Your instructions: Would you show every line from the records that holds "this"?

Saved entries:
/// Takes a text and the items of a part, which are its code points. They become runs: at most one each, and one if all
/// have the same length.
fn put_part(
    text: &mut TextBlocks,
    items: &mut OpenRuns,
    added: &str,
    part: PlainPart,
) -> Result<(), OutOfMemory>
    requires { IsPart part (chars added.now) }
    ensures text { OnOk result (text.new.bytes ≡ text.old.bytes ++ added.now) }
    ensures text_err { OnErr result (text.new.bytes ≡ text.old.bytes) }
    ensures ok { OnOk result (items_under_way items.new.closed.items items.new.last
        ≡ items_under_way items.old.closed.items items.old.last ++ part_items part (chars added.now)) }
    ensures err { OnErr result (items_under_way items.new.closed.items items.new.last ≡ items_under_way items.old.closed.items items.old.last) }
    ensures utf8 { OnOk result (IsUtf8 text.old.bytes) }
{
    if let Some(run) = even_run(part.count, part.from, part.end, part.stride, part.output) {
        items.reserve(1)?;
        text.put_text(added)?;
        items.put(run);
        return Ok(());
    }
    items.reserve_for(part.count)?;
    text.put_text(added)?;
    items.put_plain(added, part.from, part.stride, part.output);
    Ok(())
}

/// Whether an item may be an error, among earlier items and items of this kind.
// In the loop over the bytes.
#[inline(always)]
fn may_err(erring: bool, kind: ItemKind) -> bool
    ensures before { result ≡ false → erring ≡ false }
    ensures kind { result ≡ false → error_of kind ≡ false }
{
    erring || kind.is_error()
}

/// The number of code points of an item, one for an error.
// In the loop over the bytes.
#[inline(always)]
fn scalars_of(item: Item) -> usize
    ensures { result ≡ length (item_code_points item) }
{
    match item {
        Item::Two(_, _) => 2,
        _ => 1,
    }
}

/// Writes the code points of an item, an error as U+FFFD.
// In the loop over the bytes.
#[inline(always)]
fn put_item(text: &mut TextBlocks, item: Item)
    requires { 8 ≤ text.old.room }
    ensures { chars text.new.bytes ≡ chars text.old.bytes ++ item_code_points item }
{
    match item {
        Item::One(c) => put_char(text, c.to_char()),
        Item::Two(first, second) => {
            put_char(text, first.to_char());
            put_char(text, second.to_char());
        }
        Item::Error => put_char(text, char::REPLACEMENT_CHARACTER),
    }
}

/// Writes a code point.
// In the loop over the bytes.
#[inline(always)]
fn put_char(text: &mut TextBlocks, c: char)
    requires { 4 ≤ text.old.room }
    ensures text { chars text.new.bytes ≡ chars text.old.bytes ++ c ∷ [] }
    ensures room { text.old.room ≤ text.new.room + 4 }
{
    text.put(c);
}
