//! The first condition of a rule that does not hold for a node.
ghost use Rattle.std.specs.Prelude.{◌≡◌, ◌∷◌, ◌++◌, [], slice_get};
ghost use Rattle.pc_ann.specs.declared.annotation.Rule.TheVariants as rule;
ghost use Rattle.pc_core.specs.declared.nodes.NodeKind.TheVariants as node;
ghost use Rattle.pc_rules.specs.Children.{type_at as type_is};
ghost use Rattle.pc_explain_conditions.specs.declared.condition.Condition.TheVariants as asks;
ghost use Rattle.pc_explain_conditions.specs.Conditions as asked_is;
ghost use Rattle.pc_explain_conditions.specs.Failing as spec;

use crate::children::{callee, receiver_index, type_at};
use crate::chosen::is_function;
use crate::condition::Condition;
use crate::fields::{child_field, own_field};
use crate::holding::holds;
use crate::site::Site;
use crate::slots::slot_type;
use pc_ann::Rule;
use pc_core::{FieldInfo, Method, NodeKind, ParamInfo};

const U64: u32 = 1;

const BOOL: u32 = 2;

const STRING: u32 = 3;

// The first of these that does not hold.
fn first_false(site: &Site, asked: &[Condition]) -> Option<Condition>
    ensures { result ≡ spec.first_false (spec.holds_of site.now.core.now site.now.slots.now site.now.children.now site.now.node.now (site.now.live, site.now.set)) asked.now }
{
    for condition in asked {
        if !holds(site, *condition) {
            return Some(*condition);
        }
    }
    None
}

// What is required of arguments that go to these parameters.
fn argument_failing(site: &Site, params: &[ParamInfo]) -> Option<Condition>
    ensures { result ≡ spec.first_false (spec.holds_of site.now.core.now site.now.slots.now site.now.children.now site.now.node.now (site.now.live, site.now.set)) (asked_is.argument_conditions 0 params.now) }
{
    let mut at = 0;
    for param in params {
        let typed = Condition::Typed(at);
        if !holds(site, typed) {
            return Some(typed);
        }
        let under = Condition::Under(at, param.entity);
        if !holds(site, under) {
            return Some(under);
        }
        let fitting = Condition::Fits(at, param.cap);
        if !holds(site, fitting) {
            return Some(fitting);
        }
        at += 1;
    }
    None
}

// The same, and that their number is right.
fn arguments_failing(site: &Site, count: usize, params: &[ParamInfo]) -> Option<Condition>
    ensures { result ≡ spec.first_false (spec.holds_of site.now.core.now site.now.slots.now site.now.children.now site.now.node.now (site.now.live, site.now.set)) (asked_is.all_go count params.now) }
{
    if count == params.len() {
        argument_failing(site, params)
    } else {
        Some(Condition::Counted(count, params.len()))
    }
}

// What is required of arguments along with a receiver that is lent.
fn sent_failing(site: &Site, params: &[ParamInfo]) -> Option<Condition>
    ensures { result ≡ spec.first_false (spec.holds_of site.now.core.now site.now.slots.now site.now.children.now site.now.node.now (site.now.live, site.now.set)) (asked_is.arguments_sent 0 params.now) }
{
    let mut at = 0;
    for param in params {
        let sent = Condition::Sent(at, param.cap);
        if !holds(site, sent) {
            return Some(sent);
        }
        at += 1;
    }
    None
}

// What is required for reading a field.
fn get_failing(site: &Site, name: u32) -> Option<Condition>
    ensures { result ≡ spec.first_false (spec.holds_of site.now.core.now site.now.slots.now site.now.children.now site.now.node.now (site.now.live, site.now.set)) (asked_is.conditions site.now.core.now site.now.slots.now site.now.children.now site.now.node.now rule.Get (node.Field name)) }
{
    let failing = first_false(site, &[Condition::Typed(0), Condition::HasField(0, name)]);
    if failing.is_some() {
        return failing;
    }
    match child_field(site.core, site.children, 0, name) {
        None => None,
        Some((_, field)) => first_false(site, &[Condition::Seen(0, field.cap)]),
    }
}

// What is required for reading a field of `this` before all are set.
fn get_own_failing(site: &Site, name: u32) -> Option<Condition>
    ensures { result ≡ spec.first_false (spec.holds_of site.now.core.now site.now.slots.now site.now.children.now site.now.node.now (site.now.live, site.now.set)) (asked_is.conditions site.now.core.now site.now.slots.now site.now.children.now site.now.node.now rule.GetOwn (node.Field name)) }
{
    let failing = first_false(site, &[Condition::HasOwnField(name)]);
    if failing.is_some() {
        return failing;
    }
    match own_field(site.core, site.node, name) {
        None => None,
        Some((index, _)) => first_false(site, &[Condition::Set(index)]),
    }
}

// What is required of the field that is written, once it is found.
fn written_failing(site: &Site, field: FieldInfo) -> Option<Condition>
    ensures { result ≡ spec.first_false (spec.holds_of site.now.core.now site.now.slots.now site.now.children.now site.now.node.now (site.now.live, site.now.set)) (asked_is.put_conditions (0, field)) }
{
    first_false(
        site,
        &[
            Condition::NotFixed(field.fixed),
            Condition::Under(0, field.entity),
            Condition::Fits(0, field.cap),
            Condition::Writable(1, field.cap),
            Condition::Enters(field.cap),
        ],
    )
}

// What is required for writing a field.
fn put_failing(site: &Site, name: u32) -> Option<Condition>
    ensures { result ≡ spec.first_false (spec.holds_of site.now.core.now site.now.slots.now site.now.children.now site.now.node.now (site.now.live, site.now.set)) (asked_is.conditions site.now.core.now site.now.slots.now site.now.children.now site.now.node.now rule.Put (node.SetField name)) }
{
    let failing = first_false(
        site,
        &[
            Condition::Typed(0),
            Condition::Typed(1),
            Condition::HasField(1, name),
        ],
    );
    if failing.is_some() {
        return failing;
    }
    match child_field(site.core, site.children, 1, name) {
        None => None,
        Some((_, field)) => written_failing(site, field),
    }
}

// What is required of the own field, once it is found.
fn own_written_failing(site: &Site, index: u32, field: FieldInfo) -> Option<Condition>
    ensures { result ≡ spec.first_false (spec.holds_of site.now.core.now site.now.slots.now site.now.children.now site.now.node.now (site.now.live, site.now.set)) (asked_is.put_own_conditions (index, field)) }
{
    first_false(
        site,
        &[
            Condition::Typed(0),
            Condition::SetOnce(field.fixed, index),
            Condition::Under(0, field.entity),
            Condition::Fits(0, field.cap),
        ],
    )
}

// What is required for writing a field of `this` before all are set.
fn put_own_failing(site: &Site, name: u32) -> Option<Condition>
    ensures { result ≡ spec.first_false (spec.holds_of site.now.core.now site.now.slots.now site.now.children.now site.now.node.now (site.now.live, site.now.set)) (asked_is.conditions site.now.core.now site.now.slots.now site.now.children.now site.now.node.now rule.PutOwn (node.SetField name)) }
{
    let failing = first_false(site, &[Condition::HasOwnField(name)]);
    if failing.is_some() {
        return failing;
    }
    match own_field(site.core, site.node, name) {
        None => None,
        Some((index, field)) => own_written_failing(site, index, field),
    }
}

// What is required of a definition.
fn define_failing(site: &Site, slot: u32) -> Option<Condition>
    ensures { result ≡ spec.first_false (spec.holds_of site.now.core.now site.now.slots.now site.now.children.now site.now.node.now (site.now.live, site.now.set)) (asked_is.conditions site.now.core.now site.now.slots.now site.now.children.now site.now.node.now rule.Define (node.Define slot)) }
{
    match slot_type(site.core, site.slots, site.node.method, slot) {
        None => None,
        Some((entity, cap)) => first_false(
            site,
            &[
                Condition::Typed(0),
                Condition::Under(0, entity),
                Condition::Fits(0, cap),
            ],
        ),
    }
}

// What is required of an assignment.
fn assign_failing(site: &Site, slot: u32) -> Option<Condition>
    ensures { result ≡ spec.first_false (spec.holds_of site.now.core.now site.now.slots.now site.now.children.now site.now.node.now (site.now.live, site.now.set)) (asked_is.conditions site.now.core.now site.now.slots.now site.now.children.now site.now.node.now rule.Assign (node.Assign slot)) }
{
    let failing = first_false(
        site,
        &[
            Condition::Typed(0),
            Condition::Variable(slot),
            Condition::Reached(slot),
        ],
    );
    if failing.is_some() {
        return failing;
    }
    match slot_type(site.core, site.slots, site.node.method, slot) {
        None => None,
        Some((entity, cap)) => {
            first_false(
                site,
                &[Condition::Under(0, entity), Condition::Fits(0, cap)],
            )
        }
    }
}

// What is required of a constructor call.
fn new_failing(site: &Site, method: u32) -> Option<Condition>
    ensures { result ≡ spec.first_false (spec.holds_of site.now.core.now site.now.slots.now site.now.children.now site.now.node.now (site.now.live, site.now.set)) (asked_is.conditions site.now.core.now site.now.slots.now site.now.children.now site.now.node.now rule.New (node.New method)) }
{
    match site.core.method_at(method) {
        None => None,
        Some(found) => arguments_failing(site, site.children.len(), found.params.as_slice()),
    }
}

// What is required of the function that is called, once it is found.
#[tactic(auto, using(crate::proofs::Firsts::first_of_both))]
fn called_failing(site: &Site, receiver: usize, method: &Method) -> Option<Condition>
    ensures { result ≡ spec.first_false (spec.holds_of site.now.core.now site.now.slots.now site.now.children.now site.now.node.now (site.now.live, site.now.set)) (asked_is.call_conditions receiver method.now) }
{
    let failing = first_false(site, &[Condition::Function(method.kind)]);
    if failing.is_some() {
        return failing;
    }
    let failing = arguments_failing(site, receiver, method.params.as_slice());
    if failing.is_some() {
        return failing;
    }
    first_false(site, &[Condition::Fits(receiver, method.receiver)])
}

// What is required of the receiver of a call that lends it.
fn lent_failing(site: &Site, receiver: usize, method: &Method) -> Option<Condition>
    ensures { result ≡ spec.first_false (spec.holds_of site.now.core.now site.now.slots.now site.now.children.now site.now.node.now (site.now.live, site.now.set)) (asks.Unfit receiver method.now.receiver ∷ asks.Isolated receiver ∷ asks.Lent method.now.receiver ∷ asked_is.arguments_sent 0 method.now.params) }
{
    let failing = first_false(
        site,
        &[
            Condition::Unfit(receiver, method.receiver),
            Condition::Isolated(receiver),
            Condition::Lent(method.receiver),
        ],
    );
    if failing.is_some() {
        return failing;
    }
    sent_failing(site, method.params.as_slice())
}

// What is required of the function to which the receiver is lent, once it is found.
#[tactic(auto, using(crate::proofs::Firsts::first_of_both))]
fn recovered_failing(site: &Site, receiver: usize, method: &Method) -> Option<Condition>
    ensures { result ≡ spec.first_false (spec.holds_of site.now.core.now site.now.slots.now site.now.children.now site.now.node.now (site.now.live, site.now.set)) (asked_is.call_recover_conditions receiver method.now) }
{
    let failing = first_false(site, &[Condition::Function(method.kind)]);
    if failing.is_some() {
        return failing;
    }
    let failing = arguments_failing(site, receiver, method.params.as_slice());
    if failing.is_some() {
        return failing;
    }
    lent_failing(site, receiver, method)
}

// What is required of the behaviour to which a message is sent, once it is found.
fn sent_to_failing(site: &Site, receiver: usize, method: &Method) -> Option<Condition>
    ensures { result ≡ spec.first_false (spec.holds_of site.now.core.now site.now.slots.now site.now.children.now site.now.node.now (site.now.live, site.now.set)) (asked_is.send_conditions receiver method.now) }
{
    let failing = first_false(site, &[Condition::Behaviour(method.kind)]);
    if failing.is_some() {
        return failing;
    }
    arguments_failing(site, receiver, method.params.as_slice())
}

// What is required of a call.
fn call_failing(site: &Site, name: u32) -> Option<Condition>
    ensures { result ≡ spec.first_false (spec.holds_of site.now.core.now site.now.slots.now site.now.children.now site.now.node.now (site.now.live, site.now.set)) (asked_is.conditions site.now.core.now site.now.slots.now site.now.children.now site.now.node.now rule.Call (node.Call name)) }
{
    let receiver = receiver_index(site.children);
    let failing = first_false(
        site,
        &[Condition::Typed(receiver), Condition::HasMethod(name)],
    );
    if failing.is_some() {
        return failing;
    }
    match callee(site.core, site.children, name) {
        None => None,
        Some(method) => called_failing(site, receiver, method),
    }
}

// What is required of a call whose receiver is lent.
fn call_recover_failing(site: &Site, name: u32) -> Option<Condition>
    ensures { result ≡ spec.first_false (spec.holds_of site.now.core.now site.now.slots.now site.now.children.now site.now.node.now (site.now.live, site.now.set)) (asked_is.conditions site.now.core.now site.now.slots.now site.now.children.now site.now.node.now rule.CallRecover (node.Call name)) }
{
    let receiver = receiver_index(site.children);
    let failing = first_false(
        site,
        &[Condition::Typed(receiver), Condition::HasMethod(name)],
    );
    if failing.is_some() {
        return failing;
    }
    match callee(site.core, site.children, name) {
        None => None,
        Some(method) => recovered_failing(site, receiver, method),
    }
}
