//! Numbers among the words, read from texts.
ghost use Rattle.std.specs.Prelude.{◌<◌, ◌^◌};
ghost use Rattle.pc_args.specs.Line.{IsNumber, IsSeed, IsSize};
ghost use Rattle.pc_args.specs.Numbers.{Reads};

/// The greatest number of digits of a seed.
const SEED_DIGITS: usize = 20;

/// The greatest number of digits of a size.
const SIZE_DIGITS: usize = 3;

/// The largest size.
const LARGEST: u64 = 900;

/// The number that a text denotes with at least one digit and at most this many, if it is below 2^64.
pub fn number_of(text: &str, most: usize) -> Option<u64>
    ensures { Reads (λ n. IsNumber most text.now n × (n < 2 ^ 64)) result }
{
    match text.as_bytes() {
        [b'+', ..] => None,
        bytes if bytes.len() > most => None,
        _ => text.parse::<u64>().ok(),
    }
}

/// The seed that a text denotes: one to twenty digits, of a number below 2^64.
pub fn seed_of(text: &str) -> Option<u64>
    ensures { Reads (IsSeed text.now) result }
{
    number_of(text, SEED_DIGITS)
}

/// The size that a text denotes: one to three digits, of a number from 1 to 900.
pub fn size_of(text: &str) -> Option<u32>
    ensures { Reads (IsSize text.now) result }
{
    let size = number_of(text, SIZE_DIGITS)?;
    if size < 1 || size > LARGEST {
        return None;
    }
    Some(size as u32)
}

Solved exercise:
/// Whether an item may be an error, among earlier items and items of this kind.
// What is required for reading a field of `this` before all are set.
// What is required for writing a field of `this` before all are set.
/// The number that a text denotes with at least one digit and at most this many, if it is below 2^64.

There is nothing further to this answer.